The ambition of the big mining companies is not to permit any kind of limits to their voracious activities, seeking to reach the minerals below these geoforms without caring about the devastating and irreversible consequences for the population and the ecosystems.

The law to protect glaciers approved in 2010 aims at protecting the hydric basins, which present an ecological and functional unit between provinces and thus they do not belong any one provincial jurisdiction. Invoking “federalism” is therefore an error which could be very costly. The waters are born in one province, cross their territory and continue their course through one or more provinces, irrigating fields, watering cities and supplying different populations. Via the basins between provinces, it behoves the nation state to guarantee their unity, since any action or legal determination in water management affects the entire territory of the different provinces through which they run. 

The aim is thus to obtain the best instrument for the efficient and sustainable use of a scarce and vulnerable resource, guaranteeing solidarity between the different provinces within the concept of national territory. This means that the provinces may not dispose of the hydric resources between jurisdictions in exclusive and discretionary fashion since the hydric basins overflow exclusive provincial powers and thus correspond to the entire  nation and the Argentine people.

In 2025, the International Year of Glaciers’ Preservation, the national government seeks to amend the National Glacier Law, authorising each province to make further amendments to their taste, following the directives of the mining lobby. It seeks to undermine the prevailing  legal framework, appealing to a false federalism, to expand the zone of mining exploitation. 

Amending the Glaciers Law in this sense is environmentally risky, as well as illegal. The bill violates the principle of environmental irreversibility, recognised by the National Constitution and by the Escazú Agreement (Law 27,566), which forbids any diminution in the levels of protection already achieved. Instead of reinforcing the  protection of water in the face of the climatic crisis, the government seeks to weaken the only clear limit on the advance of mega-mining in the headwaters of rivers.

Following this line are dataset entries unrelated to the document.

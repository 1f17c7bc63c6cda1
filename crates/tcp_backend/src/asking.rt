// One request over a connection, and its answer.
ghost use Rattle.std.specs.Prelude.{◌≡◌, true, false, IfErr};
ghost use Rattle.std.specs.Io.KnownBytes.{Appends};
ghost use Rattle.wire.specs.Forwards.{IsCut};
ghost use Rattle.wire.specs.Written.{request_text};
ghost use Rattle.tcp_backend.specs.Answers.{answer_of};
ghost use Rattle.tcp_backend.specs.Ends.{HoldsFront};

use crate::answer_read::AnswerRead;
use crate::attempt::Attempt;
use crate::call_buffers::CallBuffers;
use crate::call_time::CallTime;
use crate::early::EarlyRead;
use crate::ends::RequestOutlet;
use crate::unanswered::UnansweredWrite;
use body_memory::BodyMemory;
use clocks::Clock;
use counted_io::Counted;
use lent_io::{BufferedRead, BufferedWrite, ReadBuffer, WriteBuffer};
use message_parts::Request;
use std::io::Read;
use std::net::OpenStream;
use std::os::fd::AsRawFd;
use std::time::Duration;
use timed_io::{Countdown, read_ready};
use wire::{BackendAnswer, Persistence, Response, WireFault, read_response, write_request};

/// How many reads the end of a connection may take, behind an answer that was read whole.
const LAST_READS: u32 = 16;

/// How long each of them may take, in milliseconds.
const LAST_MILLIS: u64 = 20;

/// A request that is to be sent.
#[derive(Clone, Copy)]
pub(crate) struct Sending<'a> {
    pub(crate) request: &'a Request,
    /// The host of a request that names none.
    pub(crate) host: &'a str,
    /// What it says of its connection.
    pub(crate) persistence: Persistence,
}

/// What writing a request leaves, and whether it was written whole.
struct SentRequest<S, E> {
    is_sent: bool,
    stream: S,
    end: E,
    behind: WriteBuffer,
}

/// What reading an answer leaves: the answer, whether a byte of one came, and what the clock told
/// when it was last read for.
#[derive(Drop)]
struct ReadAnswer<S> {
    answer: Result<Response, WireFault>,
    is_heard: bool,
    looked: u64,
    stream: S,
    ahead: ReadBuffer,
}

impl<S> ReadAnswer<S> {
    // With what was written before.
    fn behind_request<E>(self, is_sent: bool, end: E, behind: WriteBuffer) -> Attempt<S, E>
        ensures answer { result.answer ≡ self.answer }
        ensures sent { result.is_sent ≡ is_sent }
        ensures end { result.end ≡ end }
    {
        let ReadAnswer {
            answer,
            is_heard,
            looked,
            stream,
            ahead,
        } = self;
        Attempt {
            answer,
            is_sent,
            is_heard,
            looked,
            stream,
            end,
            buffers: CallBuffers { ahead, behind },
        }
    }
}

// Writes the request and reads its answer. A backend may answer before it has read the whole
// request, and close or read no further (RFC 9112, section 9.5), so the answer is looked for behind
// a write that failed or stands still, too; nothing more is written then. Both end with the time of
// the call.
pub(crate) fn ask<M, S, E, C>(
    memory: &mut M,
    call: &CallTime<'_, C>,
    stream: S,
    end: E,
    buffers: CallBuffers,
    sending: &Sending<'_>,
) -> Attempt<S, E>
where
    M: BodyMemory,
    S: Read + OpenStream + AsRawFd,
    E: RequestOutlet<S>,
    C: Clock,
    ensures sent { result.is_sent ≡ true → Appends (E.contents end) (E.contents result.end)
        (request_text sending.now.persistence sending.now.host.now sending.now.request.now) }
    ensures front { HoldsFront (E.contents end) (E.contents result.end)
        (request_text sending.now.persistence sending.now.host.now sending.now.request.now) }
    ensures cut { result.is_sent ≡ false → IfErr result.answer IsCut }
{
    let CallBuffers { ahead, behind } = buffers;
    let SentRequest {
        is_sent,
        stream,
        end,
        behind,
    } = send(stream, end, call.countdown(), behind, sending);
    let reader = AnswerRead::new(stream, call.countdown());
    if !is_sent {
        let read = read_early(memory, reader, ahead, sending.request);
        return read.behind_request(is_sent, end, behind);
    }
    let read = read_answer(memory, reader, ahead, sending.request);
    read.behind_request(is_sent, end, behind)
}

// Writes the request, and tells whether it was written whole.
fn send<S: OpenStream, E: RequestOutlet<S>, C: Clock>(
    stream: S,
    end: E,
    time: Option<Countdown<'_, C>>,
    behind: WriteBuffer,
    sending: &Sending<'_>,
) -> SentRequest<S, E>
    ensures sent { result.is_sent ≡ true → Appends (E.contents end) (E.contents result.end)
        (request_text sending.now.persistence sending.now.host.now sending.now.request.now) }
    ensures front { HoldsFront (E.contents end) (E.contents result.end)
        (request_text sending.now.persistence sending.now.host.now sending.now.request.now) }
{
    let Sending {
        request,
        host,
        persistence,
    } = *sending;
    let unanswered = UnansweredWrite::new(stream, end, time);
    let mut writer = Counted::new(BufferedWrite::new(unanswered, behind));
    let written = write_request(&mut writer, request, host, persistence);
    let writer = writer.into_inner();
    let is_sent = written.is_ok() && writer.is_sent();
    let (writer, behind) = writer.into_parts();
    let (stream, end) = writer.into_parts();
    SentRequest {
        is_sent,
        stream,
        end,
        behind,
    }
}

// The answer behind a request that was written whole.
fn read_answer<M: BodyMemory, S: Read + OpenStream + AsRawFd, C: Clock>(
    memory: &mut M,
    reader: AnswerRead<'_, S, C>,
    ahead: ReadBuffer,
    request: &Request,
) -> ReadAnswer<S> {
    let mut reader = Counted::new(BufferedRead::new(reader, ahead));
    let answer = read_response(memory, &mut reader, &request.method);
    let (reader, ahead) = reader.into_inner().into_parts();
    ReadAnswer {
        answer,
        is_heard: reader.is_heard(),
        looked: reader.looked(),
        stream: reader.into_stream(),
        ahead,
    }
}

// The answer that came before the request was written. It has to say its own length: its end may be
// a cut. Where there is none, the fault is that of the write.
fn read_early<M: BodyMemory, S: Read + OpenStream + AsRawFd, C: Clock>(
    memory: &mut M,
    reader: AnswerRead<'_, S, C>,
    ahead: ReadBuffer,
    request: &Request,
) -> ReadAnswer<S>
    ensures { IfErr result.answer IsCut }
{
    let mut reader = Counted::new(BufferedRead::new(EarlyRead::new(reader), ahead));
    let answer = match read_response(memory, &mut reader, &request.method) {
        Ok(response) => Ok(response),
        Err(WireFault::Memory) => Err(WireFault::Memory),
        Err(WireFault::Bodies) => Err(WireFault::Bodies),
        Err(_) => Err(WireFault::Write),
    };
    let (reader, ahead) = reader.into_inner().into_parts();
    let reader = reader.into_inner();
    ReadAnswer {
        answer,
        is_heard: reader.is_heard(),
        looked: reader.looked(),
        stream: reader.into_stream(),
        ahead,
    }
}

// Reads and drops what follows an answer, so that a backend which closes its connection does so
// first. One that keeps it open holds nobody for longer, and a fault changes nothing. Mostly the
// end has come already.
pub(crate) fn read_on<S: Read + OpenStream + AsRawFd>(stream: &mut S) {
    let mut dropped = [0u8; 64];
    if let Ok(0) = read_ready(&*stream, &mut dropped) {
        return;
    }
    let most = Duration::from_millis(LAST_MILLIS);
    if stream.set_read_timeout(Some(most)).is_err() {
        return;
    }
    for _ in 0..LAST_READS {
        match stream.read(&mut dropped) {
            Ok(0) | Err(_) => return,
            Ok(_) => {}
        }
    }
}

// What becomes of a request that was sent over a connection; whether the last look found the call's
// time to be over, and whether the connection had been kept and no byte of an answer came.
pub(crate) fn answer_of(
    asked: Result<Response, WireFault>,
    is_over: bool,
    is_stale: bool,
) -> BackendAnswer
    ensures { result ≡ answer_of asked is_over is_stale }
{
    match asked {
        Ok(response) => BackendAnswer::Answered(response),
        Err(WireFault::Memory) => BackendAnswer::Memory,
        Err(WireFault::Bodies) => BackendAnswer::Bodies,
        Err(WireFault::Read | WireFault::Write) if is_over => BackendAnswer::Late,
        Err(fault) if is_stale => BackendAnswer::Stale(fault),
        Err(fault) => BackendAnswer::Broken(fault),
    }
}
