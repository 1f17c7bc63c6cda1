// What a connection has whose request wasn't written whole.
use crate::answer_read::AnswerRead;
use clocks::Clock;
use std::io::{Error, ErrorKind, Read, Result};
use std::net::OpenStream;
use std::os::fd::AsRawFd;
use std::time::Duration;

/// How long nothing may come before the backend is told that the request ends, in milliseconds.
const SILENCE_MILLIS: u64 = 2_000;

/// A connection to which no more of a request is written. What comes is read as ever, but its end
/// is a fault: nobody knows whether more was to come. A backend that stops in its answer, to wait
/// for what it won't get, is told after a while that nothing more is written.
#[derive(Drop)]
pub(crate) struct EarlyRead<'c, S, C> {
    reader: AnswerRead<'c, S, C>,
    is_told: bool,
}

impl<'c, S: Read + OpenStream + AsRawFd, C: Clock> EarlyRead<'c, S, C> {
    // A connection whose reads can't be given a limit is read as ever.
    pub(crate) fn new(mut reader: AnswerRead<'c, S, C>) -> EarlyRead<'c, S, C> {
        let _ = reader.pause_after(Some(Duration::from_millis(SILENCE_MILLIS)));
        EarlyRead {
            reader,
            is_told: false,
        }
    }

    // The reader inside, by value.
    pub(crate) fn into_inner(self) -> AnswerRead<'c, S, C> {
        let EarlyRead { reader, is_told: _ } = self;
        reader
    }

    // Ends the request, and from now on waits for as long as the backend takes, and the call may.
    fn tell(&mut self) -> Result<()> {
        self.is_told = true;
        self.reader.pause_after(None)?;
        self.reader.end_request()
    }
}

impl<'c, S: Read + OpenStream + AsRawFd, C: Clock> Read for EarlyRead<'c, S, C> {
    fn read(&mut self, buf: &mut [u8]) -> Result<usize> {
        let mut outcome = self.reader.read(buf);
        if !self.is_told && is_pause(&outcome) {
            self.tell()?;
            outcome = self.reader.read(buf);
        }
        match outcome {
            Ok(0) => Err(Error::new(ErrorKind::ConnectionReset, "the connection broke")),
            outcome => outcome,
        }
    }
}

// Whether nothing came for a while.
fn is_pause(outcome: &Result<usize>) -> bool {
    match outcome {
        Ok(_) => false,
        Err(fault) => fault.kind() == ErrorKind::WouldBlock,
    }
}
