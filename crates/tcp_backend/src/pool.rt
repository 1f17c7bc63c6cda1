// Connections that are kept for further requests.
ghost use Rattle.std.specs.Prelude.{◌≡◌, IfSome, true};
ghost use Rattle.std.specs.Net.Text.{socket_v4_text};
ghost use Rattle.tcp_backend.specs.Kept.{dialed_at, is_young};

use crate::ends::OpaqueEnd;
use crate::watch::{BackendWatch, ConnectionEvent};
use std::alloc::{AllocError, Global};
use std::io::ErrorKind;
use std::net::SocketAddrV4;
use std::os::fd::AsRawFd;
use std::sync::{Mutex, Wait};
use timed_io::read_ready;

/// A connection that may carry another request. Only a call makes one, of its own connection: where
/// its request was written whole, and its answer, which said where it ends, is all that came.
#[derive(Drop)]
pub struct ReadyConnection<S, E> {
    pub(crate) stream: S,
    pub(crate) end: E,
}

/// One of them that waits for a request, and since when, in nanoseconds of a clock.
#[derive(Drop)]
struct IdleConnection<S> {
    connection: ReadyConnection<S, OpaqueEnd>,
    since_ns: u64,
}

/// Connections that wait for another request: all workers share them. The one that was put back
/// last is taken first, so that no more are kept open than are needed at once.
#[derive(Drop)]
pub struct ConnectionPool<S> {
    places: usize,
    most_ns: u64,
    idle: Mutex<Vec<IdleConnection<S>>>,
}

impl<S> ConnectionPool<S> {
    /// A pool with so many places, from which a connection is taken for as long as it has waited
    /// for fewer than so many nanoseconds. None waits yet. It fails only out of memory, of which no
    /// later call takes any.
    pub fn new(
        alloc: Global,
        places: usize,
        most_ns: u64,
    ) -> Result<ConnectionPool<S>, AllocError> {
        Ok(ConnectionPool {
            places,
            most_ns,
            idle: Mutex::new(Vec::with_capacity(alloc, places)?),
        })
    }

    // The connection that was put back last.
    fn pop<R: Wait>(&self, rt: &R) -> Option<IdleConnection<S>> {
        self.idle.lock(rt).pop()
    }

    // Puts one behind the others, or gives it back where no place is free.
    fn push<R: Wait>(&self, rt: &R, idle: IdleConnection<S>) -> Option<IdleConnection<S>> {
        let mut list = self.idle.lock(rt);
        if list.len() < list.capacity() {
            list.push_reserved(idle);
            None
        } else {
            Some(idle)
        }
    }

    // The connection that has waited longest, where that is too long.
    fn pop_aged<R: Wait>(&self, rt: &R, now: u64) -> Option<IdleConnection<S>> {
        let mut list = self.idle.lock(rt);
        match list.first() {
            Some(first) if !is_young(first.since_ns, self.most_ns, now) => Some(list.remove(0)),
            _ => None,
        }
    }
}

impl<S: AsRawFd + Drop> ConnectionPool<S> {
    // A connection to the address that still waits in silence, where there is one. Those that are
    // looked at before it are closed.
    pub(crate) fn take<R: Wait, W: BackendWatch>(
        &self,
        rt: &R,
        watch: &W,
        address: SocketAddrV4,
        now: u64,
    ) -> Option<ReadyConnection<S, OpaqueEnd>>
        ensures { IfSome result (λ taken. dialed_at taken.end ≡ socket_v4_text address) }
    {
        for _ in 0..self.places {
            let IdleConnection {
                connection,
                since_ns,
            } = self.pop(rt)?;
            let is_fresh = is_young(since_ns, self.most_ns, now) && is_silent(&connection.stream);
            if is_fresh && connection.end.is_at(address) {
                watch.connection(ConnectionEvent::Reused);
                return Some(connection);
            }
            watch.connection(ConnectionEvent::Stale);
        }
        None
    }

    // Puts a connection back that waits from now on, where a place is free; else it is closed. The
    // one that has waited longest is closed where that is too long.
    pub(crate) fn put_back<R: Wait, W: BackendWatch>(
        &self,
        rt: &R,
        watch: &W,
        connection: ReadyConnection<S, OpaqueEnd>,
        now: u64,
    ) {
        if let Some(_aged) = self.pop_aged(rt, now) {
            watch.connection(ConnectionEvent::Stale);
        }
        let idle = IdleConnection {
            connection,
            since_ns: now,
        };
        match self.push(rt, idle) {
            None => watch.connection(ConnectionEvent::Kept),
            Some(_) => watch.connection(ConnectionEvent::Closed),
        }
    }
}

// Whether a connection that has waited since then has not waited for too long by now.
fn is_young(since_ns: u64, most_ns: u64, now: u64) -> bool
    ensures { result ≡ is_young since_ns most_ns now }
{
    now.saturating_sub(since_ns) < most_ns
}

// Whether nothing has come: neither bytes, which would belong to no request, nor the end.
fn is_silent<S: AsRawFd>(stream: &S) -> bool {
    let mut first = [0u8; 1];
    match read_ready(stream, &mut first) {
        Ok(_) => false,
        Err(fault) => fault.kind() == ErrorKind::WouldBlock,
    }
}
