// Reading an answer within the time of its call.
ghost use Rattle.std.specs.Prelude.{◌≡◌, ◌||◌, false, IsErr, None};
ghost use Rattle.std.specs.Io.{ReadsAtMost};
ghost use Rattle.std.specs.Io.KnownBytes.{ReadConsumes};
ghost use Rattle.tcp_backend.specs.CallTime.{IsLate, Stands, countdown_to, looked_at};
ghost use Rattle.tcp_backend.specs.Reading.{gives_bytes, is_heard, reader_time};

use clocks::Clock;
use std::io::{Error, ErrorKind, Read, Result};
use std::net::{OpenStream, Shutdown};
use std::os::fd::AsRawFd;
use std::time::Duration;
use timed_io::{Countdown, read_ready};

/// How often one read may be interrupted, or find that there is time left.
const MOST_TURNS: u32 = 1 << 24;

/// A connection from which an answer is read, up to the deadline of its call where that has one: a
/// read that finds it reached fails and reads nothing, and another waits no longer than until it.
#[derive(Drop)]
pub(crate) struct AnswerRead<'c, S, C> {
    stream: S,
    time: Option<Countdown<'c, C>>,
    pause: Option<Duration>,
    // Whether a read gave bytes.
    is_heard: bool,
}

impl<'c, S, C> AnswerRead<'c, S, C> {
    // The connection, by value.
    pub(crate) fn into_stream(self) -> S {
        let AnswerRead {
            stream,
            time: _,
            pause: _,
            is_heard: _,
        } = self;
        stream
    }

    // Whether a byte of the answer came.
    pub(crate) fn is_heard(&self) -> bool
        ensures { result ≡ is_heard self.now }
    {
        self.is_heard
    }
}

impl<'c, S: Read + OpenStream + AsRawFd, C: Clock> AnswerRead<'c, S, C> {
    // A connection, and the time that is left for reading it.
    pub(crate) fn new(stream: S, time: Option<Countdown<'c, C>>) -> AnswerRead<'c, S, C>
        ensures time { reader_time result ≡ time.entry }
        ensures unheard { is_heard result ≡ false }
    {
        AnswerRead {
            stream,
            time,
            pause: None,
            is_heard: false,
        }
    }

    // What the clock told when a read last looked at it; 0 where none did.
    pub(crate) fn looked(&self) -> u64
        ensures { result ≡ looked_at (reader_time self.now) }
    {
        match &self.time {
            Some(time) => time.looked(),
            None => 0,
        }
    }

    // From now on a read that waits for so long fails with `WouldBlock`, or none does so.
    pub(crate) fn pause_after(&mut self, pause: Option<Duration>) -> Result<()>
        ensures time { reader_time self.new ≡ reader_time self.old }
        ensures heard { is_heard self.new ≡ is_heard self.old }
    {
        self.pause = pause;
        self.stream.set_read_timeout(pause)
    }

    // Tells the backend that nothing more is written.
    pub(crate) fn end_request(&self) -> Result<()> {
        self.stream.shutdown(Shutdown::Write)
    }

    // One read. What has come already is had by one call of the system.
    fn read_once(&mut self, buf: &mut [u8]) -> Result<usize>
        ensures bound { ReadsAtMost result buf.new }
        ensures deadline { Stands (countdown_to (reader_time self.old))
            (countdown_to (reader_time self.new)) }
        ensures late { IsLate (reader_time self.new) → IsErr result }
        ensures heard { is_heard self.new ≡ is_heard self.old }
    {
        let Some(time) = &mut self.time else {
            return self.stream.read(buf);
        };
        let left = time.left()?;
        match read_ready(&self.stream, buf) {
            Err(fault) if fault.kind() == ErrorKind::WouldBlock => {}
            outcome => return outcome,
        }
        let most = left.min(self.pause.unwrap_or(left));
        self.stream.set_read_timeout(Some(most))?;
        self.stream.read(buf)
    }

    // Whether a read that failed so is begun anew: it was interrupted, or it waited until the
    // deadline, and the next look says so.
    fn goes_on(&self, fault: &Error) -> bool {
        match fault.kind() {
            ErrorKind::Interrupted => true,
            ErrorKind::WouldBlock => self.time.is_some() && self.pause.is_none(),
            _ => false,
        }
    }
}

impl<'c, S: Read + OpenStream + AsRawFd, C: Clock> Read for AnswerRead<'c, S, C> {
    ghost use Rattle.std.specs.Prelude.{None};

    ghost remaining = { λ _. None };

    #[tactic(auto, using(crate::proofs::RepeatedCalls::anew))]
    fn read(&mut self, buf: &mut [u8]) -> Result<usize>
        ensures bound { ReadsAtMost result buf.new }
        ensures bytes { ReadConsumes None None result buf.new }
        ensures deadline { Stands (countdown_to (reader_time self.old))
            (countdown_to (reader_time self.new)) }
        ensures late { IsLate (reader_time self.new) → IsErr result }
        ensures heard { is_heard self.new ≡ (is_heard self.old || gives_bytes result) }
    {
        for _ in 0..MOST_TURNS {
            match self.read_once(buf) {
                Err(fault) if self.goes_on(&fault) => {}
                outcome => {
                    self.is_heard = self.is_heard || gives_bytes(&outcome);
                    return outcome;
                }
            }
        }
        Err(Error::new(ErrorKind::TimedOut, "nothing came"))
    }
}

// Whether a read gave bytes: neither a fault nor the end.
fn gives_bytes(outcome: &Result<usize>) -> bool
    ensures { result ≡ gives_bytes outcome.now }
{
    match outcome {
        Ok(count) => *count != 0,
        Err(_) => false,
    }
}
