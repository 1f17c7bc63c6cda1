// What came of a request over a connection.
ghost use Rattle.std.specs.Prelude.{◌≡◌};
ghost use Rattle.tcp_backend.specs.Kept.{carries_on, end_left, is_drained, is_kept, leaves_ready};

use crate::call_buffers::CallBuffers;
use crate::pool::ReadyConnection;
use wire::{Persistence, Response, Reuse, WireFault};

/// What came of a request over a connection, whether it was written whole, whether a byte of an
/// answer came, and what the clock told when the answer was last read for; and the connection, with
/// its end and the buffers, as the call leaves them.
pub(crate) struct Attempt<S, E> {
    pub(crate) answer: Result<Response, WireFault>,
    pub(crate) is_sent: bool,
    pub(crate) is_heard: bool,
    pub(crate) looked: u64,
    pub(crate) stream: S,
    pub(crate) end: E,
    pub(crate) buffers: CallBuffers,
}

/// What is left of a connection behind an attempt, with the end that was written to.
pub(crate) enum Leftover<S, E> {
    /// It may carry another request.
    Ready(ReadyConnection<S, E>),
    /// The backend is to close it.
    Ending(S, E),
    /// It was closed.
    Closed(E),
}

/// An attempt whose connection was looked after.
pub(crate) struct Settled<S, E> {
    pub(crate) answer: Result<Response, WireFault>,
    pub(crate) is_heard: bool,
    pub(crate) looked: u64,
    pub(crate) left: Leftover<S, E>,
    pub(crate) buffers: CallBuffers,
}

impl<S: Drop, E> Attempt<S, E> {
    // What becomes of the connection, whose request said so of it: it carries on only where it is
    // drained.
    pub(crate) fn settle(self, persistence: Persistence) -> Settled<S, E>
        ensures answer { result.answer ≡ self.answer }
        ensures heard { result.is_heard ≡ self.is_heard }
        ensures looked { result.looked ≡ self.looked }
        ensures kept { is_kept result.left ≡ carries_on persistence self }
        ensures end { end_left result.left ≡ self.end }
    {
        let carries_on = self.carries_on(persistence);
        let is_ended = self.is_ended_there(persistence);
        let Attempt {
            answer,
            is_sent: _,
            is_heard,
            looked,
            stream,
            end,
            buffers,
        } = self;
        let left = if carries_on {
            Leftover::Ready(ReadyConnection { stream, end })
        } else if is_ended {
            Leftover::Ending(stream, end)
        } else {
            Leftover::Closed(end)
        };
        Settled {
            answer,
            is_heard,
            looked,
            left,
            buffers,
        }
    }
}

impl<S, E> Attempt<S, E> {
    // Whether the connection carries another request.
    fn carries_on(&self, persistence: Persistence) -> bool
        ensures { result ≡ carries_on persistence self.now }
    {
        match persistence {
            Persistence::Close => false,
            Persistence::Keep => self.is_drained(),
        }
    }

    // Whether the request was written whole, its answer leaves the connection ready, and nothing
    // that came with it is left over.
    fn is_drained(&self) -> bool
        ensures { result ≡ is_drained self.now }
    {
        self.is_sent && leaves_ready(&self.answer) && self.buffers.ahead.left() == 0
    }

    // Whether there is an answer, behind which the backend closes the connection: it was asked to,
    // says so, or still waits for the rest of the request.
    fn is_ended_there(&self, persistence: Persistence) -> bool {
        match &self.answer {
            Ok(response) => {
                persistence == Persistence::Close
                    || response.reuse() == Reuse::Closing
                    || !self.is_sent
            }
            Err(_) => false,
        }
    }
}

// Whether what was read leaves the connection ready for another request.
fn leaves_ready(answer: &Result<Response, WireFault>) -> bool
    ensures { result ≡ leaves_ready answer.now }
{
    match answer {
        Ok(response) => match response.reuse() {
            Reuse::Ready => true,
            Reuse::Closing | Reuse::Doubtful => false,
        },
        Err(_) => false,
    }
}
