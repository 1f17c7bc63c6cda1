// What hears of a backend's troubles and connections.
use std::io::Error;
use wire::WireFault;

/// What became of a connection to a backend.
#[derive(Clone, Copy, Drop)]
pub enum ConnectionEvent {
    /// It is about to be made.
    Dialing,
    /// It couldn't be made.
    Unreached,
    /// It was made.
    Opened,
    /// It was put back, to wait for another request.
    Kept,
    /// It was taken for another request.
    Reused,
    /// It had waited for too long, or was found closed or with bytes that belong to no request, and
    /// was closed.
    Stale,
    /// It was closed behind its request.
    Closed,
}

/// What hears of a backend's troubles and connections, from each thread that forwards.
pub trait BackendWatch {
    /// There was no connection to be had, for this cause.
    fn unreached(&self, error: &Error);

    /// A response wasn't read, or the request wasn't written, for this cause.
    fn broken(&self, fault: WireFault);

    /// The time for a call was over before its response was read whole.
    fn late(&self);

    /// The body of a response may not be held: all bodies together have as many bytes as they may.
    fn unheld(&self);

    /// This became of a connection.
    fn connection(&self, event: ConnectionEvent);
}
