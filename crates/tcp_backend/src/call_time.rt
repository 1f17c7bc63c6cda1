// The time that one call has.
ghost use Rattle.std.specs.Prelude.{◌≡◌, ◌≤◌, IfSome, is_some, None, true};
ghost use Rattle.tcp_backend.specs.CallTime.{call_deadline, countdown_to, is_over};

use clocks::Clock;
use std::time::Duration;
use timed_io::Countdown;

/// How long a connect may take, in nanoseconds: five seconds. The system alone would try for two
/// minutes.
const CONNECT_NS: u64 = 5_000_000_000;

/// A clock, and the moment by which a call is to have its whole answer, in nanoseconds of that
/// clock, where there is one.
#[derive(Drop)]
pub(crate) struct CallTime<'c, C> {
    clock: &'c C,
    deadline: Option<u64>,
}

impl<'c, C: Clock> CallTime<'c, C> {
    // A call begins that may take so many nanoseconds, where it is limited.
    pub(crate) fn begin(clock: &'c C, most_ns: Option<u64>) -> CallTime<'c, C>
        ensures limited { is_some (call_deadline result) ≡ is_some most_ns }
        ensures whole { IfSome most_ns (λ most.
            IfSome (call_deadline result) (λ deadline. most ≤ deadline)) }
    {
        let deadline = match most_ns {
            Some(most_ns) => Some(clock.now().saturating_add(most_ns)),
            None => None,
        };
        CallTime { clock, deadline }
    }

    // A countdown to its deadline, where it has one.
    pub(crate) fn countdown(&self) -> Option<Countdown<'c, C>>
        ensures { countdown_to result ≡ call_deadline self.now }
    {
        match self.deadline {
            Some(deadline) => Some(Countdown::until(self.clock, deadline)),
            None => None,
        }
    }

    // Whether the deadline was reached, where the clock told this.
    pub(crate) fn is_over(&self, looked: u64) -> bool
        ensures { result ≡ is_over (call_deadline self.now) looked }
    {
        match self.deadline {
            Some(deadline) => deadline <= looked,
            None => false,
        }
    }

    // Whether a look at the clock now finds the deadline reached. A call without one looks at none.
    pub(crate) fn is_over_now(&self) -> bool
        ensures { call_deadline self.now ≡ None → ¬ (result ≡ true) }
    {
        self.deadline.is_some() && self.is_over(self.clock.now())
    }
}

// How long the connect of a call may take that may take so many nanoseconds, where it is limited.
pub(crate) fn connect_time(most_ns: Option<u64>) -> Duration {
    Duration::from_nanos(most_ns.unwrap_or(CONNECT_NS).min(CONNECT_NS))
}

Once a glacier has been destroyed, there is no possibility of recovering it – its destruction is forever. More than ever, we need to appeal to a basic principle that goes beyond voting and political identity: to protect the glaciers and the periglacial perimeter is to protect the water, the basins and the future of the entire nation – indeed to protect life itself. 

We appeal to the citizenry, the social organisations, the communities, the press and legislative representatives to defend the Glaciers Law just as it is without amendments and to prevent any regression in the protection of Argentina’s strategic water reserves.